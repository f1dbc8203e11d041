//! The commands on a database file.

ghost use Rattle.std.specs.Prelude.{◌≡◌, option_map};
ghost use Rattle.clap.specs.Words.{found_of, rows_of};
ghost use Rattle.hh_words.specs.Database.{report_asked, given_init, given_load, given_report, given_run, given_serve, given_task};
ghost use Rattle.hh_words.specs.Tasks.{task_of};

use crate::given::{count_of, key_of, moment_of, settings_of, value_of};
use clap::ArgMatches;
use hh_names::FileName;
use hh_requests::Report;
use hh_rows::{FileKind, Settings};
use hh_runs::RunKey;
use hh_word_values::{read_path_name, read_port, read_report, read_run_key};

/// A command on a database file.
#[derive(Clone, Copy, Debug, PartialEq, Eq)]
pub struct DatabaseWords<'a> {
    /// The path of the database file.
    pub path: &'a str,
    pub task: DatabaseTask<'a>,
}

/// What is done on a database file.
#[derive(Clone, Copy, Debug, PartialEq, Eq)]
pub enum DatabaseTask<'a> {
    /// Makes the file, with a new office in it.
    Init(Settings),
    /// Takes an office of an earlier version to the present one.
    Migrate,
    /// Loads a file of rows.
    Load(LoadWords<'a>),
    /// Makes a run.
    Run(RunWords<'a>),
    /// Writes a report.
    Report(ReportWords<'a>),
    /// Serves connections.
    Serve(ServeWords),
    /// Runs the lines of the script at this path.
    Script(&'a str),
}

/// The values of `load`.
#[derive(Clone, Copy, Debug, PartialEq, Eq)]
pub struct LoadWords<'a> {
    /// The moment of the command, in seconds since 1970-01-01T00:00:00Z, if one is given.
    pub at: Option<i64>,
    /// The key that is shown, in the grammar of the operator's key or of a party's.
    pub key: &'a [u8],
    pub kind: FileKind,
    /// The path of the file.
    pub path: &'a str,
    /// The name by which the file is registered: what follows the path's last `/`.
    pub name: FileName,
}

/// The values of `run`.
#[derive(Clone, Copy, Debug, PartialEq, Eq)]
pub struct RunWords<'a> {
    /// The moment of the command, in seconds since 1970-01-01T00:00:00Z, if one is given.
    pub at: Option<i64>,
    /// The key that is shown, in the grammar of the operator's key or of a party's.
    pub key: &'a [u8],
    pub run: RunKey,
}

/// The values of `report`.
#[derive(Clone, Copy, Debug, PartialEq, Eq)]
pub struct ReportWords<'a> {
    /// The key that is shown, in the grammar of the operator's key or of a party's.
    pub key: &'a [u8],
    pub report: Report,
}

/// The values of `serve`.
#[derive(Clone, Copy, Debug, PartialEq, Eq)]
pub struct ServeWords {
    /// The moment of every request, in seconds since 1970-01-01T00:00:00Z, if one is given.
    pub at: Option<i64>,
    pub port: u16,
    /// How many connections are served.
    pub count: u32,
}

/// The task of a subcommand on a database file. It is `None` if the subcommand has none, or if its values
/// are off their grammars.
pub(crate) fn database_task<'a>(name: &str, given: &ArgMatches<'a>) -> Option<DatabaseTask<'a>>
    ensures { option_map task_of result ≡ given_task name.now (rows_of (found_of given.now)) }
{
    if name == "init" {
        init_of(given)
    } else if name == "migrate" {
        Some(DatabaseTask::Migrate)
    } else if name == "load" {
        load_of(given)
    } else if name == "run" {
        run_of(given)
    } else if name == "report" {
        report_of(given)
    } else if name == "serve" {
        serve_of(given)
    } else {
        None
    }
}

#[tactic(auto, unfolding(crate::specs::Database::given_init))]
fn init_of<'a>(given: &ArgMatches<'a>) -> Option<DatabaseTask<'a>>
    ensures { option_map task_of result ≡ given_init (rows_of (found_of given.now)) }
{
    Some(DatabaseTask::Init(settings_of(given)?))
}

#[tactic(auto, unfolding(crate::specs::Database::given_load))]
fn load_of<'a>(given: &ArgMatches<'a>) -> Option<DatabaseTask<'a>>
    ensures { option_map task_of result ≡ given_load (rows_of (found_of given.now)) }
{
    let path = value_of(given, "FILE")?;
    Some(DatabaseTask::Load(LoadWords {
        at: moment_of(given)?,
        key: key_of(given)?,
        kind: FileKind::read(value_of(given, "KIND")?.as_bytes())?,
        path,
        name: read_path_name(path.as_bytes())?,
    }))
}

#[tactic(auto, unfolding(crate::specs::Database::given_run))]
fn run_of<'a>(given: &ArgMatches<'a>) -> Option<DatabaseTask<'a>>
    ensures { option_map task_of result ≡ given_run (rows_of (found_of given.now)) }
{
    let date = value_of(given, "DATE")?;
    let kind = value_of(given, "KIND")?;
    Some(DatabaseTask::Run(RunWords {
        at: moment_of(given)?,
        key: key_of(given)?,
        run: read_run_key(date.as_bytes(), kind.as_bytes())?,
    }))
}

#[tactic(auto, unfolding(crate::specs::Database::given_report))]
fn report_of<'a>(given: &ArgMatches<'a>) -> Option<DatabaseTask<'a>>
    ensures { option_map task_of result ≡ given_report (rows_of (found_of given.now)) }
{
    let form = value_of(given, "FORM")?;
    let date = value_of(given, "DATE");
    let kind = value_of(given, "KIND");
    Some(DatabaseTask::Report(ReportWords {
        key: key_of(given)?,
        report: asked_of(form, date, kind)?,
    }))
}

/// The report that a form asks for. It is about the run of a date and a kind if both are given.
fn asked_of(form: &str, date: Option<&str>, kind: Option<&str>) -> Option<Report>
    ensures { result ≡ report_asked form.now (option_map (λ text. text.now) date.entry)
        (option_map (λ text. text.now) kind.entry) }
{
    match (date, kind) {
        (None, None) => read_report(form.as_bytes(), None),
        (Some(date), Some(kind)) => {
            let run = read_run_key(date.as_bytes(), kind.as_bytes())?;
            read_report(form.as_bytes(), Some(run))
        }
        _ => None,
    }
}

#[tactic(auto, unfolding(crate::specs::Database::given_serve))]
fn serve_of<'a>(given: &ArgMatches<'a>) -> Option<DatabaseTask<'a>>
    ensures { option_map task_of result ≡ given_serve (rows_of (found_of given.now)) }
{
    Some(DatabaseTask::Serve(ServeWords {
        at: moment_of(given)?,
        port: read_port(value_of(given, "port")?.as_bytes())?,
        count: count_of(value_of(given, "count"))?,
    }))
}
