//! The grammars of the values of words.

use hh_names::OperatorKey;
use hh_rows::{FileKind, LeadMinutes};
use hh_runs::RunKind;
use hh_time::SettlementDate;
use hh_word_values::{read_count, read_moment, read_path_name, read_port, read_shown_key};

/// The grammar of the value of a word.
#[derive(Clone, Copy)]
pub(crate) enum Value {
    /// Any text; it is not judged here.
    Any,
    OperatorKey,
    LeadMinutes,
    ShownKey,
    Moment,
    FileKind,
    /// A path that ends with the name of a file.
    NamedPath,
    Date,
    RunKind,
    ReportForm,
    Port,
    Count,
}

impl Value {
    /// Whether a text is on the grammar.
    pub(crate) fn takes(self, text: &str) -> bool {
        let text = text.as_bytes();
        match self {
            Value::Any => true,
            Value::OperatorKey => OperatorKey::read(text).is_some(),
            Value::LeadMinutes => LeadMinutes::read(text).is_some(),
            Value::ShownKey => read_shown_key(text).is_some(),
            Value::Moment => read_moment(text).is_some(),
            Value::FileKind => FileKind::read(text).is_some(),
            Value::NamedPath => read_path_name(text).is_some(),
            Value::Date => SettlementDate::read(text).is_some(),
            Value::RunKind => RunKind::read(text).is_some(),
            Value::ReportForm => matches!(text, b"day" | b"csv" | b"balances"),
            Value::Port => read_port(text).is_some(),
            Value::Count => read_count(text).is_some(),
        }
    }

    /// Whether the value is a key, which is never shown.
    pub(crate) fn is_key(self) -> bool {
        matches!(self, Value::OperatorKey | Value::ShownKey)
    }
}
⁂
▶ **PROBLEM REQUIREMENTS**
Reproduce every line from the listing above that holds the word "ensures".

▶ **WRITTEN SOLUTION**
    ensures { option_map task_of result ≡ given_task name.now (rows_of (found_of given.now)) }
    ensures { option_map task_of result ≡ given_init (rows_of (found_of given.now)) }
    ensures { option_map task_of result ≡ given_load (rows_of (found_of given.now)) }
    ensures { option_map task_of result ≡ given_run (rows_of (found_of given.now)) }
    ensures { option_map task_of result ≡ given_report (rows_of (found_of given.now)) }
    ensures { result ≡ report_asked form.now (option_map (λ text. text.now) date.entry)
    ensures { option_map task_of result ≡ given_serve (rows_of (found_of given.now)) }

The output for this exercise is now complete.